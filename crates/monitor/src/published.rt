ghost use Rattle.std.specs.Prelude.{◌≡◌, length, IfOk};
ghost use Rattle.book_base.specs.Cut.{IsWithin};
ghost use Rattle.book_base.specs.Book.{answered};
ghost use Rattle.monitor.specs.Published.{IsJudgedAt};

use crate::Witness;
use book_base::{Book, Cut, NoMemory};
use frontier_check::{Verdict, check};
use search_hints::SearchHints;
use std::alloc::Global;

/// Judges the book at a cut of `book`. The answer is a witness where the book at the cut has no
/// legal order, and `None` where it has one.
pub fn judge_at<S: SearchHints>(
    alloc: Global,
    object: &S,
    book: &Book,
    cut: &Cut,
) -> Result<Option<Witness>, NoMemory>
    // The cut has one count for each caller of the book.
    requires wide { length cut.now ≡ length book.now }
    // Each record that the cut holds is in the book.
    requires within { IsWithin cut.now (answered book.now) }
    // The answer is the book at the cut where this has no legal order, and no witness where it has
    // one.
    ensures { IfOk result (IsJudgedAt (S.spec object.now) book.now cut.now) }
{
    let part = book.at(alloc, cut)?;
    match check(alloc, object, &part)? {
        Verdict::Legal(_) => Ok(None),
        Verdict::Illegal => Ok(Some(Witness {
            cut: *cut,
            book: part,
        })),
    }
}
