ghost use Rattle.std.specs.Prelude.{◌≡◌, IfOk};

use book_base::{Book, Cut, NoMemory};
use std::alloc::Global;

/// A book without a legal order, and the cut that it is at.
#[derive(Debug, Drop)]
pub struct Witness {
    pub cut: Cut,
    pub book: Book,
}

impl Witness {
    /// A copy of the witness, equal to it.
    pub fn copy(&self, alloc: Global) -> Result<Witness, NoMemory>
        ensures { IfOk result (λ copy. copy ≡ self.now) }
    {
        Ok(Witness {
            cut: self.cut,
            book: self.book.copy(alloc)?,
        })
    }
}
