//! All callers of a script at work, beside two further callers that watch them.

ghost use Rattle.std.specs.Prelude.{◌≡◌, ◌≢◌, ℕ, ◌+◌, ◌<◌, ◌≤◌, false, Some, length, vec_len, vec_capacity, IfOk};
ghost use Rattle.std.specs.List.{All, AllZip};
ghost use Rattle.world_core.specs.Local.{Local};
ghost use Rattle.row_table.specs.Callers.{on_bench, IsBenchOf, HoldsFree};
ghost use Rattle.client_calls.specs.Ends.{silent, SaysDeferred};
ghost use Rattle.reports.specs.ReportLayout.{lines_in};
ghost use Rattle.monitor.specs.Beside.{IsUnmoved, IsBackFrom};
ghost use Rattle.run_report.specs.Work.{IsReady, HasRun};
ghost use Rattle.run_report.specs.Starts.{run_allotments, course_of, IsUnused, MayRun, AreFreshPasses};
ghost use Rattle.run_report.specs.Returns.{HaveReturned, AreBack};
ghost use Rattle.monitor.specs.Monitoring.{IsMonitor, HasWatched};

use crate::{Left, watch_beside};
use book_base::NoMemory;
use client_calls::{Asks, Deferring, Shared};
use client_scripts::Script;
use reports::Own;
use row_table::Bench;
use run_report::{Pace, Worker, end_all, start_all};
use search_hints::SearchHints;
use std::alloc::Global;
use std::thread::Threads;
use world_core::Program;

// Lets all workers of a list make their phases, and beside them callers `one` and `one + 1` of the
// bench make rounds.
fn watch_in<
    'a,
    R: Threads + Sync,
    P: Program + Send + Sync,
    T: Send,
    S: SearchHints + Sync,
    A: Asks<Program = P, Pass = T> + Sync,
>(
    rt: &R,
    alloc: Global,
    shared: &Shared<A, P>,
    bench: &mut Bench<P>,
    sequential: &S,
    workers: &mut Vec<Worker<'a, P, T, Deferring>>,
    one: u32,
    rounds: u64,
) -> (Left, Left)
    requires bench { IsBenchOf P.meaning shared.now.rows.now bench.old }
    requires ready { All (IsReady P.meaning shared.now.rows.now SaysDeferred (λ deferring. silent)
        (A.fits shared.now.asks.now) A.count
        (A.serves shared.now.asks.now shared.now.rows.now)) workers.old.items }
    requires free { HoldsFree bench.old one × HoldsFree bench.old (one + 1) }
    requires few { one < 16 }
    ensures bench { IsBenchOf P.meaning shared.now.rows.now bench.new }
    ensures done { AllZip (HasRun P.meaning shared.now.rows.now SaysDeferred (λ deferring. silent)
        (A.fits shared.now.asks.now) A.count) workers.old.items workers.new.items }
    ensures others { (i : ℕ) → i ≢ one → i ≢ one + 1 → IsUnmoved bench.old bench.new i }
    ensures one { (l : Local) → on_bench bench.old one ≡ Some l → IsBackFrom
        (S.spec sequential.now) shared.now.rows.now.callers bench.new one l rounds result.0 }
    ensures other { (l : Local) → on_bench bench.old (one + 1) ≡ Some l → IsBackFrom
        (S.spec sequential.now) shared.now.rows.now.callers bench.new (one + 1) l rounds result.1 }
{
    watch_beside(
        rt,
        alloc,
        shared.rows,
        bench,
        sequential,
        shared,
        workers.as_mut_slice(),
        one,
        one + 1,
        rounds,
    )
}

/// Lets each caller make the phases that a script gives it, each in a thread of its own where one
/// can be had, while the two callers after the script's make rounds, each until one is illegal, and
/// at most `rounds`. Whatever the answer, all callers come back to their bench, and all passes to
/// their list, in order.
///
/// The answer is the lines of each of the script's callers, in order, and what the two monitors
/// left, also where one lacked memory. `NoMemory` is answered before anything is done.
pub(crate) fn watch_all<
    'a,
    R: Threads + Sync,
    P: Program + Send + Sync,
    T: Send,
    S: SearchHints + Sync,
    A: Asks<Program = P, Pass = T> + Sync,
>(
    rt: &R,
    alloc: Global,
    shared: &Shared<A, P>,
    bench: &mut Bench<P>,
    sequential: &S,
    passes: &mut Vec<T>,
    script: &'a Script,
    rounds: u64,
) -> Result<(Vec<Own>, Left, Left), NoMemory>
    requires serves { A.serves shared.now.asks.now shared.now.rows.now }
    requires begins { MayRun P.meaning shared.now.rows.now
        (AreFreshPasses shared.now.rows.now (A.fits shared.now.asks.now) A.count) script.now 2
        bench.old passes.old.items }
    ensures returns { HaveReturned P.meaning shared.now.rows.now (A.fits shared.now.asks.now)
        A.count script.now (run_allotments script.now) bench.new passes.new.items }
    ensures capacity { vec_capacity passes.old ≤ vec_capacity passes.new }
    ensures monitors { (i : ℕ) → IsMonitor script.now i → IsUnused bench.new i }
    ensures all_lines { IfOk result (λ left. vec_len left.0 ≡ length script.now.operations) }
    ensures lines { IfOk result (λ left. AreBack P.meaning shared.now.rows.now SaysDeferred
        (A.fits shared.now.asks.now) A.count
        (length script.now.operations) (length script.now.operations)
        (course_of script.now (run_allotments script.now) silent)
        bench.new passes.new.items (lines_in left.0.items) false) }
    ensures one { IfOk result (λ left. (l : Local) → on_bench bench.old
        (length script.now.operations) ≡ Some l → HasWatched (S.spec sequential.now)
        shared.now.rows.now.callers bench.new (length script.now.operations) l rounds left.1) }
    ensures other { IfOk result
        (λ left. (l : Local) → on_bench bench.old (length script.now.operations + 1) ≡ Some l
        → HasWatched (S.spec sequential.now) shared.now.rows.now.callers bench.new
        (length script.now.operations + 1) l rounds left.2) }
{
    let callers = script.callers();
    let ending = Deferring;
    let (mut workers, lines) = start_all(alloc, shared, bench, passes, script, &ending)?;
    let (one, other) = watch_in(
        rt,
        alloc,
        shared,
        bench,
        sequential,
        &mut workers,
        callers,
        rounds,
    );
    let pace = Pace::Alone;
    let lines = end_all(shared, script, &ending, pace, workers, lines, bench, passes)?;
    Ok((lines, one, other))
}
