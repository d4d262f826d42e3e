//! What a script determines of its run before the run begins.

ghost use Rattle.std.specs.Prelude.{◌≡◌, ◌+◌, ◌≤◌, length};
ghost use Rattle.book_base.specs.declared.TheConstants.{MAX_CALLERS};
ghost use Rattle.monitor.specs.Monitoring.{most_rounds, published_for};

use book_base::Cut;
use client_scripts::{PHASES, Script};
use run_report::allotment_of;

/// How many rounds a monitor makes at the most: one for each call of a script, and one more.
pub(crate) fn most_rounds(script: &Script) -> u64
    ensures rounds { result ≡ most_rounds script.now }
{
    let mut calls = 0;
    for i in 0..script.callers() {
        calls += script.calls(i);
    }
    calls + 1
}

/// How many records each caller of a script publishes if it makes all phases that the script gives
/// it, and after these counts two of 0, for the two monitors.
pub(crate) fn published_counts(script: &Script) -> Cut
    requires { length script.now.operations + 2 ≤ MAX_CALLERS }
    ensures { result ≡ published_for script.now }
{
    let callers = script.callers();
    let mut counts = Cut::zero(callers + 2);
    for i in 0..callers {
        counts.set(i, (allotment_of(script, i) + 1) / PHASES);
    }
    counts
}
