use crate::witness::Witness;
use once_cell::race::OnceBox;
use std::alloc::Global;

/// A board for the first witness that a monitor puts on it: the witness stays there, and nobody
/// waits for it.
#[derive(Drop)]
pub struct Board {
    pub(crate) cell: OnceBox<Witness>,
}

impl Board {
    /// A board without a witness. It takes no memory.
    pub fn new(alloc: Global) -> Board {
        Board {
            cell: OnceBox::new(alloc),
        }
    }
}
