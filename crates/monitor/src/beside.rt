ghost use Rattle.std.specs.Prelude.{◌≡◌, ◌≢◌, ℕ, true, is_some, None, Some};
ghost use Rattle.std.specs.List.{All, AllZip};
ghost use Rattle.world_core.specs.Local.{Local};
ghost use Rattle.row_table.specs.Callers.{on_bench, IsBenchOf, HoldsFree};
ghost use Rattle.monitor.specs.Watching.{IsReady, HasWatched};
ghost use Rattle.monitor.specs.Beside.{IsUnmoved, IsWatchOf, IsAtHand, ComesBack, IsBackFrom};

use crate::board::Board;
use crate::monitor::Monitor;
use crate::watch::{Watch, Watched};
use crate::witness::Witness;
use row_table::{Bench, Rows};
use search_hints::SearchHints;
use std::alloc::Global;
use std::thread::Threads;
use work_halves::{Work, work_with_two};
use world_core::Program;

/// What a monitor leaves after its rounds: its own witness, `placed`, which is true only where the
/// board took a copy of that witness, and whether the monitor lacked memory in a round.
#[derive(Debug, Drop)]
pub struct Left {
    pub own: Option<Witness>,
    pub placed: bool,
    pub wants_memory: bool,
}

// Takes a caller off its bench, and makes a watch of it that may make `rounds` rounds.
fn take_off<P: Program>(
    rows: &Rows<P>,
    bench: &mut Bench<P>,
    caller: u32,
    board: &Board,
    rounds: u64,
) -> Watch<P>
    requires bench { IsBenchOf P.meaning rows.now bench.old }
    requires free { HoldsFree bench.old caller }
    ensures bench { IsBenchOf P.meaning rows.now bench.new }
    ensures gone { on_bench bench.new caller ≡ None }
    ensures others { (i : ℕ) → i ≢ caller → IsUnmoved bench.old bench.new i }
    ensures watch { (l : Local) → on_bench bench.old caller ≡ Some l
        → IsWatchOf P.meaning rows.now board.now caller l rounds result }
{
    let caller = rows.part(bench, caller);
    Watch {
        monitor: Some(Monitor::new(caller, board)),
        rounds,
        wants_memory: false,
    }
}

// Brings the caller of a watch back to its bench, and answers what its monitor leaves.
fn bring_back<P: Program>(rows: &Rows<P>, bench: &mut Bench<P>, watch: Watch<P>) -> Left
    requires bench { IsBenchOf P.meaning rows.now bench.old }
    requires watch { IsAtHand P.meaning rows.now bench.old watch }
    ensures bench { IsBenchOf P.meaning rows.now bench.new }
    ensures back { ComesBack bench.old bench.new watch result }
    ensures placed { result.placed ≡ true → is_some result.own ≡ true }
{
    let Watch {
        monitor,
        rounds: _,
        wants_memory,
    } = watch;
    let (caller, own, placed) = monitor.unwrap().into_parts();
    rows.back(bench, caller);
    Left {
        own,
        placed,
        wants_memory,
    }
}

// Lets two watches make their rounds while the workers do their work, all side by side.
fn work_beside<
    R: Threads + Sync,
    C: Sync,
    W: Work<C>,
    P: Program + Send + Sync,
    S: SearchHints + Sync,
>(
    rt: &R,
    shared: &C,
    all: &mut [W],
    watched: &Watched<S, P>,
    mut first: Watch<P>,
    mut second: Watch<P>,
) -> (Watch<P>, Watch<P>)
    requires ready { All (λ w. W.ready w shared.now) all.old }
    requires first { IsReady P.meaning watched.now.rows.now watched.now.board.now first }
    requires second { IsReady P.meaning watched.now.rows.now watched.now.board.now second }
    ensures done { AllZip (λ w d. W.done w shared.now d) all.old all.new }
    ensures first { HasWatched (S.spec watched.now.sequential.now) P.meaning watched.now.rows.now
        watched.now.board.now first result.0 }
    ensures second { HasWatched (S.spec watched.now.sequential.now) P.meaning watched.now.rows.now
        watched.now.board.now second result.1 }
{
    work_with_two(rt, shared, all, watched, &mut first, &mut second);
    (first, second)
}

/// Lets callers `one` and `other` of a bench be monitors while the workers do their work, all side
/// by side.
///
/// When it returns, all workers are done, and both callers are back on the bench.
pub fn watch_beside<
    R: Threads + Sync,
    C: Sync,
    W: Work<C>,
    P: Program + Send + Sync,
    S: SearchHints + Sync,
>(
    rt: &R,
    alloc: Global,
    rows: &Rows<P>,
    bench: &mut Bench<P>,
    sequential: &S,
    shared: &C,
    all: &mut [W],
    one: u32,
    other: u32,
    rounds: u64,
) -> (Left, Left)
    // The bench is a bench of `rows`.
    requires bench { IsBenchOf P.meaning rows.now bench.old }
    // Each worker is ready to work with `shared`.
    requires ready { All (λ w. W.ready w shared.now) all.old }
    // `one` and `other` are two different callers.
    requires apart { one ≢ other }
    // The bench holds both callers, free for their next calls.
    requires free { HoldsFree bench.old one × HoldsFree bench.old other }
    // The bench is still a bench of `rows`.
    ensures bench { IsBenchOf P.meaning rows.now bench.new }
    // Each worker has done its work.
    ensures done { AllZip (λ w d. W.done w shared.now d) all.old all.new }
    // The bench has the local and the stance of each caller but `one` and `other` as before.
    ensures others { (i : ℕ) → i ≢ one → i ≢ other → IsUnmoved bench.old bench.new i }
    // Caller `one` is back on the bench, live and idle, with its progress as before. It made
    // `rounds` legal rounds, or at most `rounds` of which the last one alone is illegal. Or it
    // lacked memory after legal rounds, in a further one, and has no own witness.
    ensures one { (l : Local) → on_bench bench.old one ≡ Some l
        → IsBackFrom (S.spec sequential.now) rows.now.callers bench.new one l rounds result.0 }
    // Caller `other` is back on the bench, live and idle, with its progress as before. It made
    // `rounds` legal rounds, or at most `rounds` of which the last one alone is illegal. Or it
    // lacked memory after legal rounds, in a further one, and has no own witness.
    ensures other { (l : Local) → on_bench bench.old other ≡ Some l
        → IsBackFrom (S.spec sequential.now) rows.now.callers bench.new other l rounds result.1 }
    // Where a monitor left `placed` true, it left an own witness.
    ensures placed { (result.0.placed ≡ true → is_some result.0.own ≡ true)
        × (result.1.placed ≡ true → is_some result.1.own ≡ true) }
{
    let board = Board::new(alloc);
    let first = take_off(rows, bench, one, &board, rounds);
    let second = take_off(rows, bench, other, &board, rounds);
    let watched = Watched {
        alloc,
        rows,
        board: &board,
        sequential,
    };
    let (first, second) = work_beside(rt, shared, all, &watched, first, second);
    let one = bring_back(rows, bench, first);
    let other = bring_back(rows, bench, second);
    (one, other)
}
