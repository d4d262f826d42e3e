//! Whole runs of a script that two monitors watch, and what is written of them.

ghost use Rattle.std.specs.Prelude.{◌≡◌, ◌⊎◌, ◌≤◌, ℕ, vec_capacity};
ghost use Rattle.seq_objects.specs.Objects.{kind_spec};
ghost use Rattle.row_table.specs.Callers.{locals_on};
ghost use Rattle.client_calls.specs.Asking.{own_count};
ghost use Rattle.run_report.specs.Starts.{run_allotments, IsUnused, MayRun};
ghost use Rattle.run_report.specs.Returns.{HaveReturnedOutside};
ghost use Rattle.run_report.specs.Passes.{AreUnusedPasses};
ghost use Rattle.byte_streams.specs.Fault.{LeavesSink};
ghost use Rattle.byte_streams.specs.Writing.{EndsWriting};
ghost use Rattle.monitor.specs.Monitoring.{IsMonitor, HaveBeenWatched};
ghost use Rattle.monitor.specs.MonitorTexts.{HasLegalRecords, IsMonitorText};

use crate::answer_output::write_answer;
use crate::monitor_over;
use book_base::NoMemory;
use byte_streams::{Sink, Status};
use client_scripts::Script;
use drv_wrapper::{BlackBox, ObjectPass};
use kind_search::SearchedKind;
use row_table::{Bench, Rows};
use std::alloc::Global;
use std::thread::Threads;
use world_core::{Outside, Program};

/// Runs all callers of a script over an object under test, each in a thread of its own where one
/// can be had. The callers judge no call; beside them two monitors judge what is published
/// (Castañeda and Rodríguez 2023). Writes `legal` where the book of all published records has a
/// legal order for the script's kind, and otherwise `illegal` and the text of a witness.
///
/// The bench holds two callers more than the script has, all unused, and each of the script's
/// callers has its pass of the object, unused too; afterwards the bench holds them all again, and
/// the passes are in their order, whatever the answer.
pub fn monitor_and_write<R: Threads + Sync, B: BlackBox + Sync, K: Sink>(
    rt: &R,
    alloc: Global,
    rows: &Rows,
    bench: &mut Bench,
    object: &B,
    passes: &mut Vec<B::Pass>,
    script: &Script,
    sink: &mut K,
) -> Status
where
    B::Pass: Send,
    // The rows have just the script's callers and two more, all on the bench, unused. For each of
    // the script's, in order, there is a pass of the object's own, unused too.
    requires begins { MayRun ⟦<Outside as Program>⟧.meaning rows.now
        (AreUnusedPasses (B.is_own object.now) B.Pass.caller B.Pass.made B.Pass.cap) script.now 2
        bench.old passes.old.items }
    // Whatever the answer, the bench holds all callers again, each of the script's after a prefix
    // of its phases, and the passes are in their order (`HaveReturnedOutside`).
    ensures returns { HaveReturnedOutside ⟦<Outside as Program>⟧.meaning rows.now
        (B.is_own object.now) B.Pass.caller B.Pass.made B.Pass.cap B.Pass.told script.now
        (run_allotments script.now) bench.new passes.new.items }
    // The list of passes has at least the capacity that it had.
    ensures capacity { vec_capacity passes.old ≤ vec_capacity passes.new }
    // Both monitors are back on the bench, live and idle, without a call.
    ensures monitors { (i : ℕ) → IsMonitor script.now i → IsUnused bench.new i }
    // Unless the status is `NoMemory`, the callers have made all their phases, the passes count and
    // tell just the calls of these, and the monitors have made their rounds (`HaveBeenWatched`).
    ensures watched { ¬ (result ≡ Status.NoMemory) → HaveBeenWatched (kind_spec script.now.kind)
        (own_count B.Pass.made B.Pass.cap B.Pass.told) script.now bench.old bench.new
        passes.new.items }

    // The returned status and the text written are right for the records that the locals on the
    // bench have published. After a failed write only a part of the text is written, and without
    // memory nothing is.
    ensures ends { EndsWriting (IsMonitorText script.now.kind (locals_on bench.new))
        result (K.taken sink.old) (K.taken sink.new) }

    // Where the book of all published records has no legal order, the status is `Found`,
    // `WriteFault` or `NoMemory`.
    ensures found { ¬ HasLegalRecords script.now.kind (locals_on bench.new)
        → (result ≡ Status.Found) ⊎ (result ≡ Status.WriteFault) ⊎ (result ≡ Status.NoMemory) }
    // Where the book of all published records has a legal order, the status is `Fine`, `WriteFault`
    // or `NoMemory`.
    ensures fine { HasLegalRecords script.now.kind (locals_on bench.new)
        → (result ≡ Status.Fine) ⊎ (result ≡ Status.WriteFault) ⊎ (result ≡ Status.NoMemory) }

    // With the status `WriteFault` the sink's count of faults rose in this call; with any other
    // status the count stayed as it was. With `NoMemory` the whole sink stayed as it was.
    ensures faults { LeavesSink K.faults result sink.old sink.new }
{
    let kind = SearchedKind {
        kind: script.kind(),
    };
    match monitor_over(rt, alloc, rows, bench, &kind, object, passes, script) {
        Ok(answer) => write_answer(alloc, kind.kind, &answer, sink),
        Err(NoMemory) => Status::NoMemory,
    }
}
+-------+
- [What is expected]
If a line in the material contains the word "IsWatchOf", copy that line.

- [Response for this exercise]
ghost use Rattle.monitor.specs.Beside.{IsUnmoved, IsWatchOf, IsAtHand, ComesBack, IsBackFrom};
        → IsWatchOf P.meaning rows.now board.now caller l rounds result }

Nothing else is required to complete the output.